[Work item]: Would you return the entries below word for word?

--- Data supplied ---

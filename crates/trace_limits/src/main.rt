// The limits of the form of a trace's head and operations: each refusal number at its first and at its last possible place, the order of the tests, and the
// values that are just sound. What is printed under a name is the replay of that trace; of the one with 4,096 operations only the end. Then every prefix of the
// trace on standard input, which is case R. Of section three only its first byte is tried: the rest is in checkpoint_limits.
#![tactic(auto)]

mod making;
mod prefixes;

use making::{Head, Operation, begin, push, sound};
use std::io;
use std::io::Read;

// Where 4,096 operations end.
const LONGEST: usize = trace::OPERATIONS_END;

// Where one operation ends.
const WHOLE: usize = 22;

// More than case R has.
const MOST_BYTES: u64 = 4096;

// The room that a replay is lent: no replay prints more.
pub(crate) const TEXT: usize = runner::TEXT_ROOM;

// Of a long replay so many of its last bytes are printed.
const END: usize = 54;

// The last bytes of a replay, at most as many as are asked for. Not inlined: its room stands once on the stack, whoever calls it.
#[inline(never)]
fn show_end(rt: &impl Print, name: &str, trace: &[u8], most: usize) -> io::Result<()> {
    let mut output = [0u8; TEXT];
    let printed = runner::replay(trace, &mut output);
    print!(rt; "{name}: ")?;
    if printed <= most {
        return rt.write_all(&output[..printed]);
    }
    print!(rt; "{printed} bytes, the last of them ")?;
    rt.write_all(&output[printed - most..printed])
}

fn show(rt: &impl Print, name: &str, trace: &[u8]) -> io::Result<()> {
    show_end(rt, name, trace, TEXT)
}

// No operation, and as many bytes as the case has.
fn head<R: Print + AllocGlobal>(rt: &R, name: &str, head: Head, length: usize) -> io::Result<()> {
    let mut trace = begin(rt.alloc(), head)?;
    trace.resize(length, 0)?;
    show(rt, name, trace.as_slice())
}

// One operation, and as many bytes as the case has.
fn one<R: Print + AllocGlobal>(
    rt: &R,
    name: &str,
    operation: Operation,
    length: usize,
) -> io::Result<()> {
    let mut trace = begin(rt.alloc(), sound(1))?;
    push(&mut trace, operation)?;
    trace.resize(length, 0)?;
    show(rt, name, trace.as_slice())
}

// 4,096 operations, the last of them the case's. The others read the command port.
fn last<R: Print + AllocGlobal>(
    rt: &R,
    name: &str,
    operation: Operation,
    length: usize,
) -> io::Result<()> {
    let mut trace = begin(rt.alloc(), sound(4096))?;
    for _ in 0..4095 {
        push(&mut trace, Operation(2, 0x43, 0))?;
    }
    push(&mut trace, operation)?;
    trace.resize(length, 0)?;
    show_end(rt, name, trace.as_slice(), END)
}

fn heads<R: Print + AllocGlobal>(rt: &R) -> io::Result<()> {
    for (name, of, length) in [
        ("empty", sound(0), 0),
        ("three bytes", sound(0), 3),
        ("settings count 1", Head(1, 12, 0, 0), 16),
        ("settings count 3, no more bytes", Head(3, 12, 0, 0), 4),
        ("no divisor", sound(0), 4),
        ("divisor 0", Head(2, 0, 2, 4097), 16),
        ("no model", sound(0), 8),
        ("model 2", Head(2, 1, 2, 4097), 16),
        ("no operation count", sound(0), 15),
        ("4,097 operations", sound(4097), 16),
        ("4,096 operations, none there", sound(4096), 16),
        ("no operation", sound(0), 16),
        (
            "no operation, 8254, largest divisor",
            Head(2, 4294967295, 1, 0),
            16,
        ),
        ("no operation, a byte more", sound(0), 17),
    ] {
        head(rt, name, of, length)?;
    }
    Ok(())
}

fn rules<R: Print + AllocGlobal>(rt: &R) -> io::Result<()> {
    for (name, operation) in [
        ("code 0", Operation(0, 0x43, 0)),
        (
            "code 10, target and number wrong for 8",
            Operation(10, 1, 1),
        ),
        ("write, number 256", Operation(1, 0x43, 256)),
        ("read, number 1", Operation(2, 0x43, 1)),
        ("gate, number 2", Operation(3, 0, 2)),
        ("load cycle, number 1", Operation(5, 0, 1)),
        ("catch-up, target 1", Operation(6, 1, 0)),
        ("run, target 255", Operation(7, 255, 0)),
        ("reset, target 1 and number 1", Operation(8, 1, 1)),
        ("reset, number 16777216", Operation(8, 0, 16777216)),
        (
            "work off, target 1 and number 65537",
            Operation(9, 1, 65537),
        ),
    ] {
        one(rt, name, operation, WHOLE)?;
    }
    one(rt, "code 10, a byte missing", Operation(10, 0, 0), 21)?;
    one(rt, "one operation, a byte more", Operation(8, 0, 0), 23)
}

// Just sound, so that only the board refuses.
fn when_run<R: Print + AllocGlobal>(rt: &R) -> io::Result<()> {
    for (name, operation) in [
        ("write, number 255", Operation(1, 0x43, 255)),
        ("write, port 255", Operation(1, 255, 0)),
        ("read, port 0", Operation(2, 0, 0)),
        ("gate, number 1", Operation(3, 0, 1)),
        ("gate, channel 255", Operation(3, 255, 1)),
        ("counts, number 65537", Operation(4, 0, 65537)),
        ("counts, number 4294967295", Operation(4, 2, 4294967295)),
        (
            "counts, channel 3, number 4294967295",
            Operation(4, 3, 4294967295),
        ),
        ("load cycle, channel 3", Operation(5, 3, 0)),
        ("catch-up, number 4294967295", Operation(6, 0, 4294967295)),
        ("run, number 0", Operation(7, 0, 0)),
        ("reset", Operation(8, 0, 0)),
        ("work off, number 65536", Operation(9, 0, 65536)),
        ("work off, number 65537", Operation(9, 0, 65537)),
        ("work off, number 4294967295", Operation(9, 0, 4294967295)),
    ] {
        one(rt, name, operation, WHOLE)?;
    }
    Ok(())
}

fn last_places<R: Print + AllocGlobal>(rt: &R) -> io::Result<()> {
    for (name, operation) in [
        ("4,096 operations", Operation(2, 0x40, 0)),
        ("last code 0", Operation(0, 0, 0)),
        (
            "last code 10, target and number wrong for 8",
            Operation(10, 1, 1),
        ),
        ("last is a write, number 256", Operation(1, 0x43, 256)),
        ("last is a read, number 1", Operation(2, 0x43, 1)),
        ("last is a gate, number 2", Operation(3, 0, 2)),
        ("last is a load cycle, number 1", Operation(5, 0, 1)),
        ("last is a catch-up, target 1", Operation(6, 1, 0)),
        ("last is a run, target 255", Operation(7, 255, 0)),
        ("last is a reset, target 1 and number 1", Operation(8, 1, 1)),
        (
            "last is a reset, number 16777216",
            Operation(8, 0, 16777216),
        ),
        (
            "last is a work off, target 1 and number 65537",
            Operation(9, 1, 65537),
        ),
    ] {
        last(rt, name, operation, LONGEST)?;
    }
    last(rt, "last byte missing", Operation(2, 0x40, 0), LONGEST - 1)?;
    last(
        rt,
        "last operation, a byte more",
        Operation(2, 0x40, 0),
        LONGEST + 1,
    )
}

fn main(rt: HostRuntime) -> io::Result<()> {
    heads(&rt)?;
    rules(&rt)?;
    when_run(&rt)?;
    last_places(&rt)?;
    let mut trace = Vec::new(rt.alloc());
    rt.reader().take(MOST_BYTES).read_to_end(&mut trace)?;
    prefixes::show_all(&rt, trace.as_slice())
}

---

[Reply]:
filename crates/trace_limits/src/main.rt
// The limits of the form of a trace's head and operations: each refusal number at its first and at its last possible place, the order of the tests, and the
// values that are just sound. What is printed under a name is the replay of that trace; of the one with 4,096 operations only the end. Then every prefix of the
// trace on standard input, which is case R. Of section three only its first byte is tried: the rest is in checkpoint_limits.
#![tactic(auto)]

mod making;
mod prefixes;

use making::{Head, Operation, begin, push, sound};
use std::io;
use std::io::Read;

// Where 4,096 operations end.
const LONGEST: usize = trace::OPERATIONS_END;

// Where one operation ends.
const WHOLE: usize = 22;

// More than case R has.
const MOST_BYTES: u64 = 4096;

// The room that a replay is lent: no replay prints more.
pub(crate) const TEXT: usize = runner::TEXT_ROOM;

// Of a long replay so many of its last bytes are printed.
const END: usize = 54;

// The last bytes of a replay, at most as many as are asked for. Not inlined: its room stands once on the stack, whoever calls it.
#[inline(never)]
fn show_end(rt: &impl Print, name: &str, trace: &[u8], most: usize) -> io::Result<()> {
    let mut output = [0u8; TEXT];
    let printed = runner::replay(trace, &mut output);
    print!(rt; "{name}: ")?;
    if printed <= most {
        return rt.write_all(&output[..printed]);
    }
    print!(rt; "{printed} bytes, the last of them ")?;
    rt.write_all(&output[printed - most..printed])
}

fn show(rt: &impl Print, name: &str, trace: &[u8]) -> io::Result<()> {
    show_end(rt, name, trace, TEXT)
}

// No operation, and as many bytes as the case has.
fn head<R: Print + AllocGlobal>(rt: &R, name: &str, head: Head, length: usize) -> io::Result<()> {
    let mut trace = begin(rt.alloc(), head)?;
    trace.resize(length, 0)?;
    show(rt, name, trace.as_slice())
}

// One operation, and as many bytes as the case has.
fn one<R: Print + AllocGlobal>(
    rt: &R,
    name: &str,
    operation: Operation,
    length: usize,
) -> io::Result<()> {
    let mut trace = begin(rt.alloc(), sound(1))?;
    push(&mut trace, operation)?;
    trace.resize(length, 0)?;
    show(rt, name, trace.as_slice())
}

// 4,096 operations, the last of them the case's. The others read the command port.
fn last<R: Print + AllocGlobal>(
    rt: &R,
    name: &str,
    operation: Operation,
    length: usize,
) -> io::Result<()> {
    let mut trace = begin(rt.alloc(), sound(4096))?;
    for _ in 0..4095 {
        push(&mut trace, Operation(2, 0x43, 0))?;
    }
    push(&mut trace, operation)?;
    trace.resize(length, 0)?;
    show_end(rt, name, trace.as_slice(), END)
}

fn heads<R: Print + AllocGlobal>(rt: &R) -> io::Result<()> {
    for (name, of, length) in [
        ("empty", sound(0), 0),
        ("three bytes", sound(0), 3),
        ("settings count 1", Head(1, 12, 0, 0), 16),
        ("settings count 3, no more bytes", Head(3, 12, 0, 0), 4),
        ("no divisor", sound(0), 4),
        ("divisor 0", Head(2, 0, 2, 4097), 16),
        ("no model", sound(0), 8),
        ("model 2", Head(2, 1, 2, 4097), 16),
        ("no operation count", sound(0), 15),
        ("4,097 operations", sound(4097), 16),
        ("4,096 operations, none there", sound(4096), 16),
        ("no operation", sound(0), 16),
        (
            "no operation, 8254, largest divisor",
            Head(2, 4294967295, 1, 0),
            16,
        ),
        ("no operation, a byte more", sound(0), 17),
    ] {
        head(rt, name, of, length)?;
    }
    Ok(())
}

fn rules<R: Print + AllocGlobal>(rt: &R) -> io::Result<()> {
    for (name, operation) in [
        ("code 0", Operation(0, 0x43, 0)),
        (
            "code 10, target and number wrong for 8",
            Operation(10, 1, 1),
        ),
        ("write, number 256", Operation(1, 0x43, 256)),
        ("read, number 1", Operation(2, 0x43, 1)),
        ("gate, number 2", Operation(3, 0, 2)),
        ("load cycle, number 1", Operation(5, 0, 1)),
        ("catch-up, target 1", Operation(6, 1, 0)),
        ("run, target 255", Operation(7, 255, 0)),
        ("reset, target 1 and number 1", Operation(8, 1, 1)),
        ("reset, number 16777216", Operation(8, 0, 16777216)),
        (
            "work off, target 1 and number 65537",
            Operation(9, 1, 65537),
        ),
    ] {
        one(rt, name, operation, WHOLE)?;
    }
    one(rt, "code 10, a byte missing", Operation(10, 0, 0), 21)?;
    one(rt, "one operation, a byte more", Operation(8, 0, 0), 23)
}

// Just sound, so that only the board refuses.
fn when_run<R: Print + AllocGlobal>(rt: &R) -> io::Result<()> {
    for (name, operation) in [
        ("write, number 255", Operation(1, 0x43, 255)),
        ("write, port 255", Operation(1, 255, 0)),
        ("read, port 0", Operation(2, 0, 0)),
        ("gate, number 1", Operation(3, 0, 1)),
        ("gate, channel 255", Operation(3, 255, 1)),
        ("counts, number 65537", Operation(4, 0, 65537)),
        ("counts, number 4294967295", Operation(4, 2, 4294967295)),
        (
            "counts, channel 3, number 4294967295",
            Operation(4, 3, 4294967295),
        ),
        ("load cycle, channel 3", Operation(5, 3, 0)),
        ("catch-up, number 4294967295", Operation(6, 0, 4294967295)),
        ("run, number 0", Operation(7, 0, 0)),
        ("reset", Operation(8, 0, 0)),
        ("work off, number 65536", Operation(9, 0, 65536)),
        ("work off, number 65537", Operation(9, 0, 65537)),
        ("work off, number 4294967295", Operation(9, 0, 4294967295)),
    ] {
        one(rt, name, operation, WHOLE)?;
    }
    Ok(())
}

fn last_places<R: Print + AllocGlobal>(rt: &R) -> io::Result<()> {
    for (name, operation) in [
        ("4,096 operations", Operation(2, 0x40, 0)),
        ("last code 0", Operation(0, 0, 0)),
        (
            "last code 10, target and number wrong for 8",
            Operation(10, 1, 1),
        ),
        ("last is a write, number 256", Operation(1, 0x43, 256)),
        ("last is a read, number 1", Operation(2, 0x43, 1)),
        ("last is a gate, number 2", Operation(3, 0, 2)),
        ("last is a load cycle, number 1", Operation(5, 0, 1)),
        ("last is a catch-up, target 1", Operation(6, 1, 0)),
        ("last is a run, target 255", Operation(7, 255, 0)),
        ("last is a reset, target 1 and number 1", Operation(8, 1, 1)),
        (
            "last is a reset, number 16777216",
            Operation(8, 0, 16777216),
        ),
        (
            "last is a work off, target 1 and number 65537",
            Operation(9, 1, 65537),
        ),
    ] {
        last(rt, name, operation, LONGEST)?;
    }
    last(rt, "last byte missing", Operation(2, 0x40, 0), LONGEST - 1)?;
    last(
        rt,
        "last operation, a byte more",
        Operation(2, 0x40, 0),
        LONGEST + 1,
    )
}

fn main(rt: HostRuntime) -> io::Result<()> {
    heads(&rt)?;
    rules(&rt)?;
    when_run(&rt)?;
    last_places(&rt)?;
    let mut trace = Vec::new(rt.alloc());
    rt.reader().take(MOST_BYTES).read_to_end(&mut trace)?;
    prefixes::show_all(&rt, trace.as_slice())
}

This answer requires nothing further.